Workshop 5 Web Highlights


When Katie places the pencil between her hands and presses them together, equal forces are placed on both her palms. If we had used an unsharpened pencil she would probably say they felt about the same. She doesn't feel the forces but rather senses the pressure on the nerve endings in her hand. The point of the pencil has an area about fifty times smaller than that of the eraser end. Since pressure is the force divided by the area over which the force acts, Katie feels fifty times the pressure and some pain on the palm that is pushed against the point of the pencil.

We have seen the effect of pressure before in the series when we dropped a raw egg on sand and hard surfaces. Besides the big difference in the time to bring the egg to rest, when the egg hit the sand, the force was spread over a larger area reducing the pressure on the shell. When we check the air pressure in our tires, we measure the pressure in pounds per square inch (psi). Scientists measure pressure in the unit Pascal (P). A Pascal is equal to a force of one Newton acting on a surface of one square meter.


"Rolling Friction"

We showed a ball rolling along the very flat surface going part way up and back down the wooden ramp and continuing back on the blue surface. The purpose of this demonstration was to show that the ball moves in a straight line unless a force acts to change its motion. It does move in a straight line before it reaches and after it leaves the ramp.
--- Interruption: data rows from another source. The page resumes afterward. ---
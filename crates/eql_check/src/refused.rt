//! The rules that a query can break.
ghost use Rattle.std.specs.Prelude.{◌≡◌};

use eql_values::{Memory, Text};
use std::alloc::{AllocError, AllocFailed};

/// Why the check refuses a query: the first rule that it breaks. Items are numbered from 1 in the order of the text, the
/// until item last; single events are item 1. The name of a function's form with `~` has it at its end.
#[derive(Debug)]
pub enum CheckRefused {
    /// The mapping doesn't have this field, and it isn't marked as optional.
    UnknownField {
        /// The field's name.
        name: Text,
    },
    /// There is no function with this name, or no form of it with `~`.
    UnknownFunction {
        /// The function's name.
        name: Text,
    },
    /// A function has too few or too many arguments.
    Arity {
        /// The function's name.
        name: Text,
    },
    /// An operand has a kind that its operator or function doesn't take, or a condition isn't Boolean.
    KindMismatch {
        /// The item.
        item: u32,
    },
    /// Both sides of a comparison hold a field, also inside a call or a sum.
    FieldToField {
        /// The item.
        item: u32,
    },
    /// An item has another number of keys than the first.
    KeyCount {
        /// The item.
        item: u32,
    },
    /// A key has another kind than the first key at its place, in the items before, that isn't always null.
    KeyKind {
        /// The item.
        item: u32,
    },
    /// A sequence has fewer than two stages.
    FewStages,
    /// An item's runs aren't 1 to 100.
    Runs {
        /// How many runs the item asks for.
        count: i64,
    },
    /// There are more than 256 stages.
    ManyStages {
        /// How many.
        count: i64,
    },
    /// There are more than 8 keys.
    ManyKeys {
        /// How many.
        count: i64,
    },
    /// More than 64 fields are used.
    ManyFields {
        /// How many.
        count: i64,
    },
    /// The span is below a millisecond or above 36,500 days.
    Span,
    /// There are more than 8 pipes, or a pipe's count isn't 0 to 1,000,000.
    Pipe,
    /// A block of `cidrMatch` isn't an IPv4 address, `/` and 0 to 32.
    Cidr {
        /// The block.
        text: Text,
    },
    /// Memory ran out.
    Memory,
}

impl From<Memory> for CheckRefused {
    ghost use Rattle.eql_check.specs.Wants.{check_memory};

    ghost from_gives = { λ _ r. r ≡ check_memory };

    fn from(_error: Memory) -> CheckRefused {
        CheckRefused::Memory
    }
}

impl From<AllocError> for CheckRefused {
    ghost use Rattle.eql_check.specs.Wants.{check_memory};

    ghost from_gives = { λ _ r. r ≡ check_memory };

    fn from(_error: AllocError) -> CheckRefused {
        CheckRefused::Memory
    }
}

impl<T: Drop> From<AllocFailed<T>> for CheckRefused {
    ghost use Rattle.eql_check.specs.Wants.{check_memory};

    ghost from_gives = { λ _ r. r ≡ check_memory };

    fn from(_error: AllocFailed<T>) -> CheckRefused {
        CheckRefused::Memory
    }
}

impl Drop for CheckRefused {
    fn drop(self) {
        match self {
            CheckRefused::UnknownField { name: _ } => {}
            CheckRefused::UnknownFunction { name: _ } => {}
            CheckRefused::Arity { name: _ } => {}
            CheckRefused::KindMismatch { item: _ } => {}
            CheckRefused::FieldToField { item: _ } => {}
            CheckRefused::KeyCount { item: _ } => {}
            CheckRefused::KeyKind { item: _ } => {}
            CheckRefused::FewStages => {}
            CheckRefused::Runs { count: _ } => {}
            CheckRefused::ManyStages { count: _ } => {}
            CheckRefused::ManyKeys { count: _ } => {}
            CheckRefused::ManyFields { count: _ } => {}
            CheckRefused::Span => {}
            CheckRefused::Pipe => {}
            CheckRefused::Cidr { text: _ } => {}
            CheckRefused::Memory => {}
        }
    }
}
The demonstration also shows something else. There is considerably more friction on the ramp than on the flat blue surface. You can even hear the difference in the sound the ball makes as the ball rolls along. Objects will move in straight lines at constant speed unless a force acts to change their motion. The force acting down the ramp changes the direction of the ball and the frictional force slows the ball down slightly so that it moves more slowly after it leaves the ramp. This is why the spacing of our dots is smaller at the end of the ball's journey.

"Terminal Velocity"

We looked at the forces acting on the coffee filter dropped through air and the marble falling through the dishwashing liquid and saw that when the forces were balanced they fell at a constant speed. They did have to accelerate first to arrive at that final constant speed.

When the objects start to fall gravity acts on them. Frictional force of the fluid also acts on the falling objects, in the opposite direction, slowly at first but increasing with the speed of the objects until the forces are equal. The final speed that falling objects reach is called terminal velocity.

The fluid friction depends on several things including the shape of the object, its frontal area and the properties of the fluid it is moving through. If the fluid flows smoothly over the object as in the case of the marble the force is directly related to the speed but in the case of the filter or a parachute that disturb the air the force increased more quickly.